A bead can be closed without artifacts being written (agent bugs out, marks complete anyway). A DONE marker can exist without a bead (manual work, pre-Beads artifacts). The dual-write catches both failure modes.

Key Commands

# See all open beads for a project
BEADS_DIR=.beads bd list --state open | grep <project>

# See what a specific agent is working on
BEADS_DIR=.beads bd list --state in_progress --owner <agent>

# View the dependency graph
BEADS_DIR=.beads bd graph <project>

# Inspect a molecule's structure
BEADS_DIR=.beads bd mol show <mol-id>

# Check bead change history
BEADS_DIR=.beads bd history <bead-id>

# Close a bead (the wrapper)
bddone <bead-id> [agent-name]

Disabling Beads

Set BEADS_ENABLED=0 to disable all Beads tracking without editing spawn-subphase.sh. This is useful for testing or when running outside the factory workspace.

What Beads Unified

Before (4 silos) After (Beads)
Pipeline state JSON — machine-readable Bead list + graph — machine-readable AND human-readable
DONE markers — filesystem flags DONE markers still used (dual-write)
TEA audit logs — post-hoc Bead history — built-in audit trail
Memory files — narrative Memory files still used (complementary)
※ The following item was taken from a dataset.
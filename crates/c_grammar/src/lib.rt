//! The grammar of C files: which derivation spells a list of tokens, and the machine that reads it.
#![tactic(auto)]

pub mod laws;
The key improvement: a single bd list --state open shows everything that's in-flight across all pipelines. No more cross-referencing four files to understand system state.

Lessons Learned

  1. Formula paths must match realityoutput_path in the formula must exactly match where DONE files actually go. A mismatch causes prerequisite checks to fail silently. (See: formula validation bug, Apr 27.)
  2. Test a formula before committing — pour the molecule, spawn one step, verify the DONE marker lands where expected.
  3. {{variable}} substitution is critical — without it, every project needs its own formula file. With it, one formula drives unlimited projects.
  4. Bead IDs must be stable — the <!-- BEAD: ... --> token in the task description is the link between the spawn system and the tracking system. If it's missing or wrong, the bead never closes.

This pattern was discovered and refined during the April 2026 two-pipeline validation run (test-web-run + factory-dashboard-rebuild), where 34 subphases completed successfully with dual-write tracking.